TPMs have mainly been used for infrequent events (e.g. SSH logins and Microsoft Entra logins). With new and emerging standards like Demonstrating Proof of Possession and Device Bound Session Credentials, the TPM load is likely to increase. Ideally, every request should be protected by the TPM, which made me wonder:
Is TPM performance good enough to sign every request?
I could not find a good answer to this, so I wrote a benchmark and present the results here. Thanks to the people who provided performance numbers!
The Benchmark
Even though working with TPMs has become more accessible over the years, I still think the barrier to entry is too high. While Morten Linderud’s SSH TPM Agent was a great starting point, I ended up having to read parts of the TPM 2.0 Specification and patch Google’s go-tpm library to make my rather simple tpm-benchmark.

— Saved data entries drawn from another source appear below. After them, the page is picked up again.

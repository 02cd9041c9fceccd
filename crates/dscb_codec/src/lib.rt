//! The data set control blocks (DSCBs) of a VTOC, between their fields and their 140 bytes.
//!
//! The places of the fields follow System Control Blocks, GC28-6628; every number is big-endian.
#![tactic(auto)]

mod decoding;
mod encoding;

pub use decoding::decode;
pub use encoding::encode;

// Where the format byte stands, after the 44 bytes of the key.
const FORMAT_AT: usize = 44;

// The format bytes, the digits of the formats' numbers in EBCDIC.
const FORMAT_1: u8 = 0xF1;

const FORMAT_2: u8 = 0xF2;

const FORMAT_3: u8 = 0xF3;

/// The format byte of the VTOC, the digit of its format's number in EBCDIC.
pub const FORMAT_4: u8 = 0xF4;

const FORMAT_5: u8 = 0xF5;

const FORMAT_6: u8 = 0xF6;

/// Format 1: the attributes of a data set and its first three extents.
#[derive(Clone, Copy, Debug, PartialEq, Eq)]
pub struct F1 {
    /// DSNAME, the name in EBCDIC, padded with blanks; the key.
    pub name: [u8; 44],
    /// The serial number of the set's first volume, in EBCDIC.
    pub serial: [u8; 6],
    /// The volume's number among those of the set, from 1.
    pub volseq: u16,
    /// The creation date: the year since 1900, then two bytes of the day of the year.
    pub created: [u8; 3],
    /// The expiration date, in the form of the creation date; zeros are none.
    pub expires: [u8; 3],
    /// The number of extents on this volume, those in a format 3 among them; not judged here.
    pub extents: u8,
    /// The bytes used in the last directory block of a partitioned set.
    pub dir_used: u8,
    /// Reserved.
    pub res61: [u8; 1],
    /// The system code, in EBCDIC.
    pub system: [u8; 13],
    /// Reserved.
    pub res75: [u8; 7],
    /// DSORG, the organization: X'4000' sequential, X'2000' direct, X'0200' partitioned, X'8000' index
    /// sequential, with X'0100' for a set that can't be moved.
    pub dsorg: u16,
    /// RECFM, the record format: X'80' fixed, X'40' variable, X'C0' undefined, with X'10' blocked, X'08'
    /// standard or spanned, X'04' and X'02' control characters.
    pub recfm: u8,
    /// OPTCD, the option codes.
    pub optcd: u8,
    /// BLKSIZE, the greatest length of a block in bytes.
    pub blksize: u16,
    /// LRECL, the length of a record in bytes.
    pub lrecl: u16,
    /// The length of a key in bytes.
    pub keylen: u8,
    /// RKP, the place of the key in a record.
    pub rkp: u16,
    /// The data set indicators.
    pub indicators: u8,
    /// SCALO: flags of the space request in the top byte, X'C0' for cylinders, X'80' for tracks, with X'08'
    /// for contiguous space, and the secondary quantity in these units in the other three.
    pub scalo: u32,
    /// LSTAR, the last block's TTR: its track within the set, from 0, in two bytes, and its record; zeros are
    /// none.
    pub lstar: [u8; 3],
    /// TRBAL, the bytes of the track capacity that are left on the track of the last block.
    pub balance: u16,
    /// Reserved.
    pub res103: [u8; 2],
    /// The first three extents: each a type byte, a sequence byte, and the lower and the upper CCHH, both inclusive.
    pub runs: [[u8; 10]; 3],
    /// The address CCHHR of the set's format 3 DSCB, which counts where there are more than three extents.
    pub pointer: [u8; 5],
}

/// Format 3: thirteen more extents of a data set.
#[derive(Clone, Copy, Debug, PartialEq, Eq)]
pub struct F3 {
    /// The first four bytes of the key, X'03030303'; not judged.
    pub id: u32,
    /// The four extents of the key, each in the form of those of format 1.
    pub front: [[u8; 10]; 4],
    /// The nine extents after the format byte.
    pub back: [[u8; 10]; 9],
    /// The address CCHHR of the next format 3 DSCB, or zeros.
    pub pointer: [u8; 5],
}

/// Format 4: the VTOC and the device.
#[derive(Clone, Copy, Debug, PartialEq, Eq)]
pub struct F4 {
    /// The key, X'04' in each byte; not judged.
    pub id: [u8; 44],
    /// The address CCHHR of the last format 1 DSCB, or zeros.
    pub highest: [u8; 5],
    /// The number of free DSCBs, those of format 0.
    pub free: u16,
    /// The address CCHH of the next alternate track.
    pub next_alt: u32,
    /// The number of alternate tracks left.
    pub alternates: u16,
    /// The VTOC indicators: X'80' where format 5 does not show the free space, X'04' the interrupted-update bit.
    pub indicators: u8,
    /// The number of extents of the VTOC.
    pub extents: u8,
    /// Reserved.
    pub res60: [u8; 2],
    /// The device size: two bytes of cylinders, then two of tracks per cylinder.
    pub size: u32,
    /// The track capacity in bytes; this and the other numbers of the device aren't judged.
    pub capacity: u16,
    /// I, the overhead in bytes of a record with a key that is not the last on its track.
    pub i: u8,
    /// L, the overhead in bytes of the last record with a key.
    pub l: u8,
    /// K, the bytes that a record without a key saves.
    pub k: u8,
    /// The flag of the device.
    pub flag: u8,
    /// The tolerance factor, over 512, by which a record's length is multiplied.
    pub tolerance: u16,
    /// The number of DSCBs on a track.
    pub dscbs: u8,
    /// The number of directory blocks on a track.
    pub dirs: u8,
    /// Reserved.
    pub res76: [u8; 29],
    /// The extent of the VTOC, in the form of those of format 1.
    pub vtoc: [u8; 10],
    /// Reserved.
    pub res115: [u8; 25],
}

/// Format 5: free space, in runs of tracks.
#[derive(Clone, Copy, Debug, PartialEq, Eq)]
pub struct F5 {
    /// The first four bytes of the key, X'05050505'; not judged.
    pub id: u32,
    /// The eight entries of the key: each a relative track, whole cylinders (two bytes each) and further
    /// tracks (one); zeros are none.
    pub front: [[u8; 5]; 8],
    /// The eighteen entries after the format byte.
    pub back: [[u8; 5]; 18],
    /// The address CCHHR of the next format 5 DSCB, or zeros.
    pub pointer: [u8; 5],
}

/// A DSCB: a slot of the VTOC that is read.
#[derive(Clone, Copy, Debug, PartialEq, Eq)]
pub enum Dscb {
    /// A free slot, all zeros.
    F0,
    /// A data set.
    F1(F1),
    /// More extents of a data set.
    F3(F3),
    /// The VTOC and the device.
    F4(F4),
    /// Free space.
    F5(F5),
}

/// Why bytes are no DSCB that is read; with the format byte.
#[derive(Clone, Copy, Debug, PartialEq, Eq)]
pub enum DscbErr {
    /// Format 2 or 6, of index sequential sets and of split cylinders.
    Unsupported(u8),
    /// Another format byte than X'F1' to X'F6'; also zero, unless all 140 bytes are.
    BadFormat(u8),
}

#[cfg(test)]
mod tests;
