//! The statements of the utilities, the steps that they run in, and the lines that answer them.
#![tactic(auto)]

mod forms;
mod items;
mod lines;
mod listing;
mod operands;
mod program;
mod step;

pub use card_text::{Card, Operand, Value};
pub use forms::{
    data_set_in, data_set_of, data_sets_if_given, data_sets_in, flag_of, has_keyword, is_flag,
    is_named, member_in, member_of, value_of, volume_if_given, volume_in, volume_of,
};
pub use items::{Item, Statement, statements};
pub use jcl_forms::Dcb;
pub use listing::{Object, Outcome, item_line, jcl_line, no_dd_line, no_program_line, syntax_line};
pub use operands::SynErr;
pub use program::{SYSIN, StatementFault, bad_operand, sysin_statements};
pub use step::{DataCards, DdIn, DdTable, StepIn};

The benchmark records how many ECDSA P256 signatures, RSA 2048 signatures, and HMAC SHA256 invocations the TPM can perform per second.
The Results
As presented in Table 1 we can expect single digit signatures per second on most systems. This is pretty much the best case scenario using the same key for all the signatures, and no encryption of the TPM traffic. This is probably too slow to sign every web/application request, and it could add several hundred milliseconds of latency per request.
I’m only including results where the TPM commands were run sequentially. The benchmark has partial support to run in parallel, but it did not seem to help on the subset of system it was tested on.
Chrome ran a study on TPM signatures, using ECDSA P256. The latency was 200ms for 50th percentile and 600ms for the 95th percentile. Assuming sequential execution this is 5 signatures and 1.7 signatures per second, receptively. While Chrome’s data set is probably orders of magnitude larger, at least they are qualitatively similar to Table 1.
HMAC is performing somewhat better - it does not have the non-repudiation property, but is better positioned to mitigate strong quantum computers. AWS’ extensive use of HMAC for authentication has been very successful.
Encrypting the traffic to the TPM has performance degradation as shown in Table 2. The main use case for session encryption is to prevent physical attacks (like BitLocker attacks).
So why is the TPM slow? In Davide Guerri’s 2017 FOSDEM talk, he says that the TPM is slow by design due to export laws. Whatever the case, these numbers limit how they can be used. The positive spin is to rate limit how many requests an attacker can perform from a compromised system.